-- Material provided follows --
static STOPPED_ROUNDS: [Case<'static>; 6] = [
    Case {
        name: "a round moves nine of ten pages, for which the journal has places",
        arguments: &["--journal", "29"],
        script: b"zone 0 1\nfill 0 0 0 10\ncompact 0\n",
        replies: b"ok\ndone=10\nisolated=9 moved=9 back=0 stopped=journalfull\n",
        ..NOTHING
    },
    Case {
        name: "a round moves ten pages, and the journal has places for one more",
        arguments: &["--journal", "32"],
        script: b"zone 0 1\nfill 0 0 0 10\ncompact 0\n",
        replies: b"ok\ndone=10\nisolated=10 moved=10 back=0 stopped=met\n",
        ..NOTHING
    },
    Case {
        name: "a round stops where the journal is full",
        arguments: &["--journal", "5"],
        script: b"zone 0 1\nmap 0 0 0\nmap 0 0 1\nmap 0 0 2\ncompact 0\nload 0 0 1 0\ninfo 0\n",
        replies: b"ok\nok\nok\nok\nisolated=1 moved=1 back=0 stopped=journalfull\nrefused 2\nfree=509 pages=3 moving=0 huge=0 whole=0\n",
        ..NOTHING
    },
    Case {
        name: "rounds leave a marked pageblock alone",
        script: b"profile 2\nzone 0 3\nmapat 0 0 0 0\nmapat 0 0 1 512\nmark 0 2\nmark 0 2\ncompact 0\nlook 0 0 0\nunmark 0 2\nunmark 0 2\ncompact 0\nlook 0 0 1\ninfo 0\n",
        replies: b"ok\nok\nok\nok\nok\nrefused 17\nisolated=2 moved=2 back=0 stopped=met\nframe=1023 dirty=0 unmovable=0 pins=0 maps=1\nok\nrefused 18\nisolated=2 moved=2 back=0 stopped=met\nframe=1535 dirty=0 unmovable=0 pins=0 maps=1\nfree=1534 pages=2 moving=0 huge=0 whole=2 held=0\n",
        ..NOTHING
    },
    Case {
        name: "no round while one is open by hand, nor without its zone",
        script: b"compact 0\nzone 0 1\nmap 0 0 0\nscan 0\ncompact 0\ncompact 1\ncompact 4\nshut 0\ncompact 0\nlook 0 0 0\n",
        replies: b"refused 43\nok\nok\nserial=0\nrefused 45\nrefused 43\nrefused 1\nback=1\nisolated=1 moved=1 back=0 stopped=met\nframe=511 dirty=0 unmovable=0 pins=0 maps=1\n",
        ..NOTHING
    },
    Case {
        name: "a pinned page stays where it is, and is moved once its pin is off",
        arguments: &["--copiers", "3", "--capacity", "1"],
        script: b"zone 0 1\nmap 0 0 0\nstore 0 0 0 7 9\npin 0 0 0\ncompact 0\nunpin 0 0 0\ncompact 0\nload 0 0 0 7\nscan 0\nshut 0\n",
        replies: b"ok\nok\nok\nok\nisolated=0 moved=0 back=0 stopped=met\nok\nisolated=1 moved=1 back=0 stopped=met\nvalue=9\nmet\nback=0\n",
        ..NOTHING
    },
];

/// Pools of blocks.
pub fn pools() -> &'static [Case<'static>] {
    &POOLS
}

static POOLS: [Case<'static>; 8] = [
    Case {
        name: "a pool runs a round for its first block, and one in vain for its second",
        script: b"zone 0 2\nmapat 0 0 0 0\nmapat 0 0 1 512\npool 0 2\ngive 0 0\ninfo 0\n",
        replies: b"ok\nok\nok\ngot=1 rounds=2 stopped=noblock blocks=0\nok\nfree=1022 pages=2 moving=0 huge=0 whole=1\n",
        ..NOTHING
    },
    Case {
        name: "a pool takes the whole pageblock, and the next finds none",
        script: b"zone 0 1\npool 0 1\npool 0 1\ninfo 0\n",
        replies: b"ok\ngot=1 rounds=0 stopped=enough blocks=0\ngot=0 rounds=1 stopped=noblock blocks=-\nfree=0 pages=0 moving=0 huge=1 whole=0\n",
        ..NOTHING
    },
    Case {
        name: "a pool without a place in the journal",
        arguments: &["--journal", "1"],
        script: b"zone 0 1\npool 0 1\ngive 0 0\npool 0 1\n",
        replies: b"ok\ngot=1 rounds=0 stopped=enough blocks=0\nrefused 2\ngot=0 rounds=0 stopped=journalfull blocks=-\n",
        ..NOTHING
    },
    Case {
        name: "a pool of smaller blocks needs no round",
        script: b"profile 2\nzone 0 2\nmapat 0 0 0 0\nmapat 0 0 1 512\npool 0 2 8\ngive 0 768 8\ninfo 0\n",
        replies: b"ok\nok\nok\nok\ngot=2 rounds=0 stopped=enough frames=256,768\nok\nfree=766 pages=2 moving=0 huge=1 whole=0 held=256\n",
        ..NOTHING
    },
    Case {
        name: "a pool has enough blocks after a round",
        arguments: &["--copiers", "4"],
        script: b"zone 0 3\nmapat 0 0 0 0\nmapat 0 0 1 512\nstore 0 0 1 0 7\npool 0 2\nload 0 0 1 0\ninfo 0\n",
        replies: b"ok\nok\nok\nok\ngot=2 rounds=1 stopped=enough blocks=2,0\nvalue=7\nfree=510 pages=2 moving=0 huge=2 whole=0\n",
        ..NOTHING
    },
    Case {
        name: "a pool of eight pageblocks, and of eight blocks",
        script: b"profile 2\nzone 0 8\npool 0 8\npool 0 1\ngive 0 7\npool 0 8 6\n",
        replies: b"ok\nok\ngot=8 rounds=0 stopped=enough blocks=0,1,2,3,4,5,6,7\ngot=0 rounds=1 stopped=noblock blocks=-\nok\ngot=8 rounds=0 stopped=enough frames=3584,3648,3712,3776,3840,3904,3968,4032\n",
        ..NOTHING
    },
    Case {
        name: "no pool while a round is open by hand, nor without its zone",
        script: b"pool 0 1\nzone 0 1\nscan 0\npool 0 1\npool 1 1\npool 4 1\npool 0 0\npool 0 9\nshut 0\npool 0 1\n",
        replies: b"refused 43\nok\nmet\nrefused 45\nrefused 43\nrefused 1\nrefused 1\nrefused 1\nback=0\ngot=1 rounds=0 stopped=enough blocks=0\n",
        ..NOTHING
    },
    Case {
        name: "a pool of an order in profile 1",
        script: b"zone 0 1\npool 0 1 9\n",
        replies: b"ok\n",
        faults: b"compactd: fault 41 at line 2\n",
        status: 1,
        ..NOTHING
    },
];

/// Lines that are no command in profile 1.
pub static FAULTS: [&str; 24] = [
    "zone 0",
    "info 0 0",
    "info +1",
    "Info 1",
    "take 3",
    "pool 3",
    "fill 0 0 0",
    "thin 0 0 0 1",
    "store 0 1 2 3 4 5 6",
    "store 0 1 2 7 18446744073709551616",
    "load 0 1 2 000000000000000000007",
    "compact 3 1",
    "during 3 1",
    "end",
    "profile",
    "profile 1",
    "profile 02",
    "profile 2 2",
    "Profile 2",
    "huge 0 3",
    "give 0 0 3",
    "mark 0 0",
    "unmark 0 0",
    "pool 0 1 3",
];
-- Material provided concluded --
» **Work order**
Please filter the entries for the word "ndone" and copy the lines that have it.

» **Reply**
        replies: b"ok\ndone=10\nisolated=9 moved=9 back=0 stopped=journalfull\n",
        replies: b"ok\ndone=10\nisolated=10 moved=10 back=0 stopped=met\n",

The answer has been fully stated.